They started shooting all at once. The squad leader went down first as he was at the point, the back of his white parka suddenly red with blood from three gaping exit wounds. The soldier directly in front of Avalik windmilled backward, his M-16 falling away from him. And then everyone was falling. The stiff arctic wind was loud with men screaming, whirling awkwardly in their snowshoes as they died stumbling into one another. Avalik was hit on the right hand; the slug ripped off his canvas mitten and twirled him around so that he suddenly faced into the wind, gasping for breath. The second bullet pierced his left leg above the knee. He fell face down in the snow. He’d kicked off both snowshoes and started rolling when the real massacre began. The sound of automatic weapons thundered all around him. The bullets made the snow dance, white sprays which were consumed by the swirling wind and transformed the patch of runway into a white nightmare of death. Avalik tried rolling again and was hit in the side by a ricochet. Another slug destroyed the radio on his back and shattered one of his skis. He scrambled on all fours, mindless of the pain of his wounds, desperate only to get out of the lines of fire.
Unable to see and afraid to stop, Avalik ran like a crippled spider until he dropped headfirst off the edge of the runway. He rolled behind a mogul and stopped. The shooting continued for another thirty seconds though the screams had already ceased. He waited, his mouth clamped shut against the burning pain in his leg and side. He waited, afraid to look back toward the runway to see one of the figures in white coming for him. He waited, but nothing happened. When the shooting ended, there was nothing.
Only the wind.
“Podshchitai i zakapai.”
The disembodied voice came from out of the whiteness. Avalik didn’t move. He held his breath, expecting to be kicked or to hear the short static cough from an automatic weapon that would end his misery permanently. But he wasn’t kicked or shot and he didn’t hear the voice again. For half an hour he just lay there. His white parka would serve as some camouflage, and if the blowing snow covered the blood that was surely splattered over his legs, they might not find him. He fought against the urge to cry out for help. He tried to orient himself. He prayed.
When he’d gotten enough nerve to raise his head, he saw nothing but swirling snow. He rolled onto his back and nearly blacked out from the pain. It took nearly another half hour to apply a compress from his first-aid kit on his leg and untangle himself from the straps and buckles of his radio and cartridge belt. He didn’t know where his rifle was — he didn’t even remember dropping it — but he wasn’t going to need it anyway. Not against those guys.
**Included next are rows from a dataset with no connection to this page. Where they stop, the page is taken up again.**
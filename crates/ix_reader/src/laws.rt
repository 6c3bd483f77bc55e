//! Laws of the definitions. The contract is the law, and the body is empty.

ghost use Rattle.std.specs.Prelude.{◌≡◌, ℕ, [], Some, None, Ok, Err};
ghost use Rattle.ix_spelling_laws.specs.Reading.Machine.{start};
ghost use Rattle.ix_reader.specs.Examples.{excluding_set, named, one_pair, parenthesised};
ghost use Rattle.ix_reader.specs.Outline.{IsBare};
ghost use Rattle.ix_reader.specs.Parentheses.{deepest};
ghost use Rattle.ix_reader.specs.Views.{Gives};
ghost use Rattle.ix_reader.specs.declared.read_fault.ReadFault.TheVariants.{NotIxml};

/// In `(())()` two parentheses are open at once, and in `()` one.
pub fn worked_depths()
    ensures none { deepest 0 [] ≡ 0 }
    ensures one { deepest 0 one_pair ≡ 1 }
    ensures two { deepest 0 parenthesised ≡ 2 }
{}

/// A number that is given is told by itself alone, and a refusal by nothing that is given.
pub fn worked_views()
    ensures told { Gives {X = ℕ} {Y = ℕ} (λ n. n) (Ok 1) (Some 1) }
    ensures another { ¬ (Gives {X = ℕ} {Y = ℕ} (λ n. n) (Ok 2) (Some 1)) }
    ensures refused { Gives {X = ℕ} {Y = ℕ} (λ n. n) (Err NotIxml) None }
    ensures not_refused { ¬ (Gives {X = ℕ} {Y = ℕ} (λ n. n) (Err NotIxml) (Some 1)) }
{}

/// Before the first token no value was read; behind the name of a rule and in a set one was.
pub fn worked_outlines()
    ensures start { IsBare start }
    ensures name { ¬ (IsBare named) }
    ensures set { ¬ (IsBare excluding_set) }
{}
Corporal Avalik started crawling. He knew approximately where he was and approximately where he had to go. The main thing was to get away. That was the first thing. Stay alive and pray he could make his way back to the company. They’d send a squad looking, sooner or later. Maybe… maybe he could walk, at least hobble along, once he was safely away from here. But that was something to think about later.
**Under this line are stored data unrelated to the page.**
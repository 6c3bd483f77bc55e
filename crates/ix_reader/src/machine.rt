//! The states in which a grammar is read, one token after the other.

use ix_model::{Alt, Bound, Factor, Mark, Member, Rule, TMark, Term, Text};
use sqlite_items::Items;

/// A token and its text.
#[derive(Drop)]
pub enum Lexeme {
    Word(Text),
    Quote(Text),
    Hex(Text),
    At,
    Caret,
    Dash,
    Colon,
    Equals,
    Semi,
    Bar,
    Comma,
    Stop,
    Question,
    Star,
    Stars,
    Plus,
    Pluses,
    OpenGroup,
    CloseGroup,
    OpenSet,
    CloseSet,
    Tilde,
}

/// What the factor that comes is: an item, or the separator behind an item.
#[derive(Drop)]
pub enum Hole {
    Item,
    StarOf(Factor),
    PlusOf(Factor),
}

/// What was read of alternatives that are not complete.
#[derive(Drop)]
pub struct Frame {
    /// The alternatives that are complete.
    pub alts: Items<Alt>,
    /// The terms of the open one.
    pub terms: Items<Term>,
    pub hole: Hole,
}

/// What was read of a set.
#[derive(Drop)]
pub struct Part {
    pub tmark: Option<TMark>,
    pub exclude: bool,
    pub members: Items<Member>,
}

/// What was read of the grammar outside the alternatives that are open.
#[derive(Drop)]
pub struct Head {
    pub version: Option<Text>,
    /// The rules that are complete.
    pub rules: Items<Rule>,
    /// The mark of the open rule.
    pub mark: Option<Mark>,
    /// The name of the open rule.
    pub name: Text,
}

/// What was read of the grammar.
#[derive(Drop)]
pub struct Work {
    pub head: Head,
    /// The innermost alternatives that are open.
    pub top: Frame,
    /// The frames in which a parenthesis is open, the innermost last.
    pub below: Items<Frame>,
}

/// What was read last.
#[derive(Drop)]
pub enum Phase {
    Begin,
    Ixml,
    VersionNext,
    PrologStop,
    RuleStart,
    RuleNext,
    RuleMarked,
    RuleNamed,
    AltStart,
    Want,
    Marked(TMark),
    AtMarked,
    Inserting,
    Excluding(Option<TMark>),
    SetStart(Part),
    MemberNext(Part),
    BoundRead(Part, Bound),
    RangeTo(Part, Bound),
    MemberRead(Part),
    ItemRead(Factor),
    TermRead,
}

/// A grammar that was read up to some token.
#[derive(Drop)]
pub struct State {
    pub phase: Phase,
    pub work: Work,
}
He didn’t think about the Russians. He didn’t think about them, but he knew that’s what they were from the moment he heard the voice. It didn’t matter to him and he didn’t care why they were there, though it was pretty obvious. All he had to worry about now was not freezing to death and staying alive until someone else found him. Then he could worry about the Russians.
Avalik reached out with both hands and pulled himself forward. Snow whipped at his face. Just one foot at a time, he thought. Just one foot at a time.
MOSCOW
0900 HRS
The short procession of cars, a black limousine sandwiched between a pair of unmarked sedans, moved cautiously through the falling snow like three nearsighted beetles. It was Party Chairman Dimitri Gorny’s daily routine. He drove his son to school every morning and the security cars led-followed him everywhere he went like worker ants protecting their queen.
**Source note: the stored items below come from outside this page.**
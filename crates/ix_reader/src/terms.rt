//! Terms, alternatives, and what closes around them.

ghost use Rattle.std.specs.Prelude.{Bool, ◌≡◌, ◌++◌, ◌∷◌, [], IfOk};
ghost use Rattle.ix_spelling_laws.specs.Reading.Machine.{complete, close, end_rule, end_alt, with_hole, end_term, end_item, fresh, step, alt_start};
ghost use Rattle.ix_reader.specs.Views.{Gives, lexeme_of, hole_of, frame_of, frames_of, work_of, state_of};

use crate::factors::{factor_done, no_frame, start_factor, with_term};
use crate::machine::{Frame, Head, Hole, Lexeme, Phase, State, Work};
use crate::read_fault::ReadFault;
use ix_model::{Alt, Factor, Rule, Term, Text};
use sqlite_items::Items;
use std::alloc::{AllocError, Global};

/// The alternatives with the open one complete.
fn complete(frame: Frame) -> Result<Items<Alt>, AllocError>
    ensures { IfOk result (λ alts. alts ≡ complete (frame_of frame)) }
{
    let Frame {
        mut alts,
        terms,
        hole: _,
    } = frame;
    alts.push(Alt { terms })?;
    Ok(alts)
}

/// A closing parenthesis: the alternatives are a factor of the frame below.
#[tactic(auto, using(crate::proofs::Views::frames_push))]
fn close(head: Head, below: Items<Frame>, alts: Items<Alt>) -> Result<State, ReadFault>
    ensures { (f : _) → Gives state_of result (close (frames_of below) (work_of (record { head = head; top = f; below = below })) alts) }
{
    let mut below = below;
    match below.pop() {
        None => Err(ReadFault::NotIxml),
        Some(top) => factor_done(Work { head, top, below }, Factor::Group { alts }),
    }
}

/// The rules with the open one complete.
fn with_rule(alloc: Global, head: Head, alts: Items<Alt>) -> Result<Head, AllocError>
    ensures { IfOk result (λ h. h ≡ record { version = head.version; rules = head.rules ++ record { mark = head.mark; name = head.name; alts = alts } ∷ []; mark = head.mark; name = head.name }) }
{
    let Head {
        version,
        mut rules,
        mark,
        name,
    } = head;
    rules.push(Rule {
        mark,
        name: Text::from_slice(alloc, name.as_slice())?,
        alts,
    })?;
    Ok(Head {
        version,
        rules,
        mark,
        name,
    })
}

/// A full stop: the alternatives are those of the rule.
#[tactic(auto, using(crate::proofs::Views::frames_push))]
fn end_rule(
    alloc: Global,
    head: Head,
    below: Items<Frame>,
    alts: Items<Alt>,
) -> Result<State, ReadFault>
    ensures { (f : _) → Gives state_of result (end_rule (frames_of below) (work_of (record { head = head; top = f; below = below })) alts) }
{
    let mut below = below;
    match below.pop() {
        Some(_) => Err(ReadFault::NotIxml),
        None => Ok(State {
            phase: Phase::RuleNext,
            work: Work {
                head: with_rule(alloc, head, alts)?,
                top: no_frame(alloc),
                below,
            },
        }),
    }
}

/// Behind an alternative, that of the frame.
fn end_alt(
    alloc: Global,
    frame: Frame,
    head: Head,
    below: Items<Frame>,
    lexeme: Lexeme,
) -> Result<State, ReadFault>
    ensures { (f : _) → Gives state_of result (end_alt (frame_of frame) (work_of (record { head = head; top = f; below = below })) (lexeme_of lexeme)) }
{
    match lexeme {
        Lexeme::Semi | Lexeme::Bar => {
            let top = Frame {
                alts: complete(frame)?,
                terms: Items::new(alloc),
                hole: Hole::Item,
            };
            Ok(State {
                phase: Phase::AltStart,
                work: Work { head, top, below },
            })
        }
        Lexeme::CloseGroup => close(head, below, complete(frame)?),
        Lexeme::Stop => end_rule(alloc, head, below, complete(frame)?),
        _ => Err(ReadFault::NotIxml),
    }
}

/// The same alternatives, and what the factor that comes is.
fn with_hole(frame: Frame, hole: Hole) -> Frame
    ensures { frame_of result ≡ with_hole (frame_of frame) (hole_of hole) }
{
    let Frame {
        alts,
        terms,
        hole: _,
    } = frame;
    Frame { alts, terms, hole }
}

/// Behind a term, the last of the frame.
#[tactic(auto, using(crate::proofs::Views::end_term_else))]
fn end_term(
    alloc: Global,
    frame: Frame,
    head: Head,
    below: Items<Frame>,
    lexeme: Lexeme,
) -> Result<State, ReadFault>
    ensures { (f : _) → Gives state_of result (end_term (frame_of frame) (work_of (record { head = head; top = f; below = below })) (lexeme_of lexeme)) }
{
    match lexeme {
        Lexeme::Comma => {
            let top = with_hole(frame, Hole::Item);
            Ok(State {
                phase: Phase::Want,
                work: Work { head, top, below },
            })
        }
        other => end_alt(alloc, frame, head, below, other),
    }
}

/// Behind a term.
pub fn term_ends(alloc: Global, work: Work, lexeme: Lexeme) -> Result<State, ReadFault>
    ensures { Gives state_of result (end_term (frame_of work.top) (work_of work) (lexeme_of lexeme)) }
{
    let Work { head, top, below } = work;
    end_term(alloc, top, head, below, lexeme)
}

/// Behind an item.
#[tactic(auto, using(crate::proofs::Views::end_item_else))]
pub fn end_item(alloc: Global, item: Factor, work: Work, lexeme: Lexeme) -> Result<State, ReadFault>
    ensures { Gives state_of result (end_item item (frame_of work.top) (work_of work) (lexeme_of lexeme)) }
{
    let Work { head, top, below } = work;
    let (phase, top) = match lexeme {
        Lexeme::Question => (Phase::TermRead, with_term(top, Term::Opt(item))?),
        Lexeme::Star => (
            Phase::TermRead,
            with_term(top, Term::Star { item, sep: None })?,
        ),
        Lexeme::Plus => (
            Phase::TermRead,
            with_term(top, Term::Plus { item, sep: None })?,
        ),
        Lexeme::Stars => (Phase::Want, with_hole(top, Hole::StarOf(item))),
        Lexeme::Pluses => (Phase::Want, with_hole(top, Hole::PlusOf(item))),
        other => {
            let top = with_term(top, Term::One(item))?;
            return end_term(alloc, top, head, below, other);
        }
    };
    Ok(State {
        phase,
        work: Work { head, top, below },
    })
}

/// The frame with an alternative of which nothing was read yet.
fn fresh(alloc: Global, frame: Frame) -> Frame
    ensures { frame_of result ≡ fresh (frame_of frame) }
{
    let Frame {
        alts,
        terms: _,
        hole: _,
    } = frame;
    Frame {
        alts,
        terms: Items::new(alloc),
        hole: Hole::Item,
    }
}

/// Where an alternative begins.
#[tactic(auto, using(crate::proofs::Views::alt_start_else))]
pub fn start_alt(alloc: Global, work: Work, lexeme: Lexeme) -> Result<State, ReadFault>
    ensures { (gap : Bool) → Gives state_of result (step alt_start (work_of work) gap (lexeme_of lexeme)) }
{
    let Work { head, top, below } = work;
    let top = fresh(alloc, top);
    match lexeme {
        Lexeme::Semi => end_alt(alloc, top, head, below, Lexeme::Semi),
        Lexeme::Bar => end_alt(alloc, top, head, below, Lexeme::Bar),
        Lexeme::CloseGroup => end_alt(alloc, top, head, below, Lexeme::CloseGroup),
        Lexeme::Stop => end_alt(alloc, top, head, below, Lexeme::Stop),
        other => start_factor(alloc, Work { head, top, below }, other),
    }
}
Gorny was in the rear seat of the limousine with his son Aram, a slight, gentle boy dressed in a school uniform and wearing a heavy coat. The physical differences between father and son were striking.
Gorny was powerfully built; his thick neck was merely an extension of his shoulders and his strong, disciplined face seldom gave away the workings of his mind. They were logical characteristics for a man party members had nicknamed The Bull. It was a name Gorny himself found amusing. He considered himself more thoughtful than bullish, more patient than headstrong, though there were times when it was expedient to let the party members believe what they wished.